Halaman

Kamis, 17 Mei 2012

Roby Fuzi dan Antonin Artaud - Bahasa Putih dan Bahasa Hitam: Oleh Hudan Hidayat

Oleh: Hudan Hidayat
18 Oktober 2010 jam 13:25

Bahasa putih semacam kerinduan tiap cahaya bahasa tapi ia menempuh jalannya melalui simpang bahasa hitam - katakanlah semacam retorik bahasa putih untuk mencapai cahaya pencerahannya - yang kelak absurd juga dalam pandangan totalik hidup. Apakah bahasa hitam? Mungkin bahasa putih semacam nasib yang manis turun ke manusia. Sedang bahasa hitam adalah jalan bagi manusia yang terlunta lunta - fisik dan jiwanya tak hendak diam, tapi juga fisik dan jiwanya telah dikalahkan oleh nasib yang beroperasi di tangan mesin politik.

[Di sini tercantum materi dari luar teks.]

//! Test vectors of RTP headers (RFC 3550, 5.1), payloads and samples.
ghost use Rattle.rtp_wire.specs.Sample.{FitsEncoding};

use rtp_wire::{Enc, WireFault, read, read_samples, sample, write_sample, write_samples};

/// A header and its fault, if it has one, or else its payload. All but the first are of type 96, number 1, timestamp 0
/// and source 1.
#[derive(Clone, Copy)]
struct Header {
    shows: &'static str,
    octets: &'static [u8],
    fault: Option<WireFault>,
    payload: &'static [u8],
}

const HEADERS: [Header; 11] = [
    Header {
        shows: "eleven octets are too short",
        octets: &[0x60, 0, 1, 0, 0, 0, 0, 0, 0, 0, 1],
        fault: Some(WireFault::Short),
        payload: &[],
    },
    Header {
        shows: "version 1 is refused",
        octets: &[0x40, 0x60, 0, 1, 0, 0, 0, 0, 0, 0, 0, 1],
        fault: Some(WireFault::Version),
        payload: &[],
    },
    Header {
        shows: "an extension of which two octets are there is cut",
        octets: &[0x90, 0x60, 0, 1, 0, 0, 0, 0, 0, 0, 0, 1, 0xbe, 0xef],
        fault: Some(WireFault::ExtensionCut),
        payload: &[],
    },
    Header {
        shows: "an extension of one word without the word is cut",
        octets: &[0x90, 0x60, 0, 1, 0, 0, 0, 0, 0, 0, 0, 1, 0xbe, 0xef, 0, 1],
        fault: Some(WireFault::ExtensionCut),
        payload: &[],
    },
    Header {
        shows: "an extension of no words is skipped",
        octets: &[
            0x90, 0x60, 0, 1, 0, 0, 0, 0, 0, 0, 0, 1, 0xbe, 0xef, 0, 0, 1, 2,
        ],
        fault: None,
        payload: &[1, 2],
    },
    Header {
        shows: "padding in an empty payload is refused",
        octets: &[0xa0, 0x60, 0, 1, 0, 0, 0, 0, 0, 0, 0, 1],
        fault: Some(WireFault::Padding),
        payload: &[],
    },
    Header {
        shows: "padding of no octets is refused",
        octets: &[0xa0, 0x60, 0, 1, 0, 0, 0, 0, 0, 0, 0, 1, 0, 0, 0],
        fault: Some(WireFault::Padding),
        payload: &[],
    },
    Header {
        shows: "padding of more octets than the payload is refused",
        octets: &[0xa0, 0x60, 0, 1, 0, 0, 0, 0, 0, 0, 0, 1, 0, 0, 0xff],
        fault: Some(WireFault::Padding),
        payload: &[],
    },
    Header {
        shows: "padding of one octet is that octet itself",
        octets: &[0xa0, 0x60, 0, 1, 0, 0, 0, 0, 0, 0, 0, 1, 0xaa, 0xbb, 1],
        fault: None,
        payload: &[0xaa, 0xbb],
    },
    Header {
        shows: "padding may be the whole payload",
        octets: &[0xa0, 0x60, 0, 1, 0, 0, 0, 0, 0, 0, 0, 1, 0, 0, 3],
        fault: None,
        payload: &[],
    },
    Header {
        shows: "a header of twelve octets is followed by the payload",
        octets: &[0x80, 0x60, 0, 1, 0, 0, 0, 0, 0, 0, 0, 1, 9],
        fault: None,
        payload: &[9],
    },
];

/// A header with fifteen contributing sources, and no payload.
const SOURCES: [u8; 72] = [
    0x8f, 0x60, 0, 1, 0, 0, 0, 0, 0, 0, 0, 1, 0, 0, 0, 0, 0, 0, 0, 0, 0, 0, 0, 0, 0, 0, 0, 0, 0, 0,
    0, 0, 0, 0, 0, 0, 0, 0, 0, 0, 0, 0, 0, 0, 0, 0, 0, 0, 0, 0, 0, 0, 0, 0, 0, 0, 0, 0, 0, 0, 0, 0,
    0, 0, 0, 0, 0, 0, 0, 0, 0, 0,
];

/// Returns true if a datagram has this fault, or, if there is no fault, this payload.
fn is_read_as(octets: &[u8], fault: Option<WireFault>, payload: &[u8]) -> bool {
    match read(octets) {
        Ok(view) => fault == None && view.payload == payload,
        Err(found) => fault == Some(found),
    }
}

/// Of cut headers, other versions, contributing sources, extensions and padding, `read` returns the first fault or the
/// payload.
#[test]
fn header_faults_and_payloads(rt: HostRuntime) {
    for header in &HEADERS {
        let is_so = is_read_as(header.octets, header.fault, header.payload);
        assert!(rt; is_so, "{}", header.shows);
    }
}

/// Fifteen contributing sources are 60 octets: a header that is one octet short of them is cut, and one of 72 octets is
/// whole.
#[test]
fn fifteen_contributing_sources_are_60_octets(rt: HostRuntime) {
    assert!(rt; is_read_as(&SOURCES[..71], Some(WireFault::CsrcCut), &[]));
    assert!(rt; is_read_as(&SOURCES, None, &[]));
}

/// A datagram with two contributing sources, an extension and padding.
const FULL: [u8; 33] = [
    0xb2, 0x60, 0, 1, 0, 0, 0, 0, 0, 0, 0, 1, 1, 1, 1, 1, 2, 2, 2, 2, 0xbe, 0xef, 0, 1, 3, 3, 3, 3,
    0xaa, 0xbb, 0, 0, 3,
];

/// Returns the fault of the first k octets of `FULL`, or none if those are all.
fn fault_of_cut(k: usize) -> Option<WireFault> {
    match k {
        0..=11 => Some(WireFault::Short),
        12..=19 => Some(WireFault::CsrcCut),
        20..=27 => Some(WireFault::ExtensionCut),
        28..=32 => Some(WireFault::Padding),
        _ => None,
    }
}

/// Each cut of a datagram with two contributing sources, an extension and padding has the fault of the part in which
/// the cut is.
#[test]
fn each_cut_of_a_full_header_has_its_fault(rt: HostRuntime) {
    for k in 0..34usize {
        let is_so = is_read_as(&FULL[..k], fault_of_cut(k), &[0xaa, 0xbb]);
        assert!(rt; is_so, "the first {k}");
    }
}

/// The samples -1, the least and the greatest of L16.
const EDGES_16: [u8; 6] = [0xff, 0xff, 0x80, 0, 0x7f, 0xff];

/// The least and the greatest sample of L24, and one between them.
const EDGES_24: [u8; 9] = [0x80, 0, 0, 0x7f, 0xff, 0xff, 1, 2, 3];

/// The least and greatest samples of L16 and L24 have their values on 24 bits: they are signed and big-endian (RFC
/// 3551, 4.5; RFC 3190, 4).
#[test]
fn samples_are_signed_and_big_endian(rt: HostRuntime) {
    assert!(rt; sample(Enc::L16, &EDGES_16, 0) == -256);
    assert!(rt; sample(Enc::L16, &EDGES_16, 1) == -8_388_608);
    assert!(rt; sample(Enc::L16, &EDGES_16, 2) == 8_388_352);
    assert!(rt; sample(Enc::L24, &EDGES_24, 0) == -8_388_608);
    assert!(rt; sample(Enc::L24, &EDGES_24, 1) == 8_388_607);
    assert!(rt; sample(Enc::L24, &EDGES_24, 2) == 66_051);
}

/// Returns four octets as one number: those of a written sample, and 0x55 in the rest.
fn octets_of(enc: Enc, value: i32) -> u32
    requires { FitsEncoding enc value }
{
    let mut out = [0x55u8; 4];
    write_sample(enc, value, &mut out);
    u32::from_be_bytes(out)
}

/// The least and greatest samples of L16 and L24 are written in network order, and nothing after them.
#[test]
fn samples_are_written_in_network_order(rt: HostRuntime) {
    assert!(rt; octets_of(Enc::L16, -1) == 0xffff_5555);
    assert!(rt; octets_of(Enc::L16, -32_768) == 0x8000_5555);
    assert!(rt; octets_of(Enc::L16, 32_767) == 0x7fff_5555);
    assert!(rt; octets_of(Enc::L24, 8_388_607) == 0x7fff_ff55);
    assert!(rt; octets_of(Enc::L24, -8_388_608) == 0x8000_0055);
}

/// Four samples of L24, or six of L16, and an octet that is none.
const OCTETS: [u8; 13] = [0, 1, 2, 0x80, 0, 0, 0x7f, 0xff, 0xff, 0xff, 0xff, 0xfe, 9];

/// The samples of `OCTETS` as L24, and the rest of the buffer, which is not written.
const OF_24: [i32; 7] = [258, -8_388_608, 8_388_607, -2, 5, 5, 5];

/// The samples of `OCTETS` as L16, and the rest of the buffer, which is not written.
const OF_16: [i32; 7] = [256, 163_840, 0, 8_388_352, -256, -512, 5];

/// Twelve octets are four samples of L24 or six of L16. Octets that do not fill a sample are not read: a thirteenth
/// one, and two of L24.
#[test]
fn blocks_are_their_samples_side_by_side(rt: HostRuntime) {
    let mut out = [5i32; 7];
    assert!(rt; read_samples(Enc::L24, &OCTETS, &mut out) == 4 && out == OF_24);
    assert!(rt; read_samples(Enc::L24, &[1, 2], &mut out) == 0 && out == OF_24);
    assert!(rt; read_samples(Enc::L16, &OCTETS, &mut out) == 6 && out == OF_16);
}

/// The samples 258 and -2 in the octets of L24, and the rest of the buffer, which is not written.
const AS_24: [u8; 8] = [0, 1, 2, 0xff, 0xff, 0xfe, 0x55, 0x55];

/// The samples 258 and -2 in the octets of L16, and the rest of the buffer, which is not written.
const AS_16: [u8; 8] = [1, 2, 0xff, 0xfe, 0x55, 0x55, 0x55, 0x55];

/// Two samples are written next to each other, as six octets of L24 and as four of L16.
#[test]
fn samples_are_written_side_by_side(rt: HostRuntime) {
    let mut out = [0x55u8; 8];
    assert!(rt; write_samples(Enc::L24, &[258, -2], &mut out) == 6 && out == AS_24);
    let mut out = [0x55u8; 8];
    assert!(rt; write_samples(Enc::L16, &[258, -2], &mut out) == 4 && out == AS_16);
}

"Kita begitu berbeda dalam pemikiran
Seperti pasir pantai yang tergusur ombak
menuju lautan, berserakan
"

Itulah yang dituliskan penyair Roby Fuzi dalam puisinya "Irama Datar" dalam puisi. saya yakin ia tak tahu telah menemukan ucapan dalam puisi dengan beningnya ucapan larik yang saya tampi dalam puisinya itu. Sebab puisi itu berselang seling dengan suatu larik yang tak bening - di sana, di puisi penyair Roby ini. Saya juga menemukan larik lain padanan ke beningan ucapan penyair, yang membuatku makin yakin sebenarnya, kalau tiap penyair memasuki hening jiwanya sendiri, maka ia menemukan sumur ucapan yang bening dari jiwanya sendiri. Bahasa tak perlu ditampi oleh para pembacanya. Tapi penyair ini telah memilah mana padi dan mana gabah dalam bahasa.

"Kita berjumpa di pantai yang sama
Penuh tanda tanya
"

Itulah mutiara bahasa yang berlepasan dan berpaduan dengan kehendak bahasa yang dibersihkan dari tubuh induk puisi. Semacam orang membuat emas kata yang kata kata harus disapih, dipisah, dibuatkan terang dan bening, jernih dan hening. Lalu dimasukkan ke dalam struktur totalik kehadiran puisi atau prosa.

Dua larik yang saya turunkan dari penyair, apakah bahasa putih ataukah bahasa hitam? Mungkin belum ke hitam. mungkin Baru pra-kata yang entah hendak ke mana.

Pun kata kata atonin artaud dalam kalimat pembukanya.

Fragments of diary from hell (1925)

"Neither my cry nor my fever belongs to me. This disintegration of my secondary forces, of these concealed elements of thought and of the soul, try to imagine merely their constancy."

Tapi totalik bahasanya adalah hitam dalam perjalanan tapi putih dalam ayakan dari mereka yang hendak membersihkan, mengambil warna putih dari warna hitam bahasa.

Kita perlu merenungkan, dan membawa, tiap warna dasar sebagai warna dasar hidup ini sendiri. Bahasa hitam dan bahasa putih, sebagai nasib kelam dan nasib cemerlang tuhan.

Itulah kebajikan utama dalam bahasa, yang tidak tiap orang dapat beruntung diberikan ilham atasnya. Kita termasuk orang yang beruntung itu. Maka bahasa cepat lesap menghilang jadi ada dalam pengertian Kita. karena formalitas tiap ucapan telah berhasil kita sapih, kita dudukkan. Sebagai bahasa, bahasa pun hendak duduk dalam makam kursinya sendiri.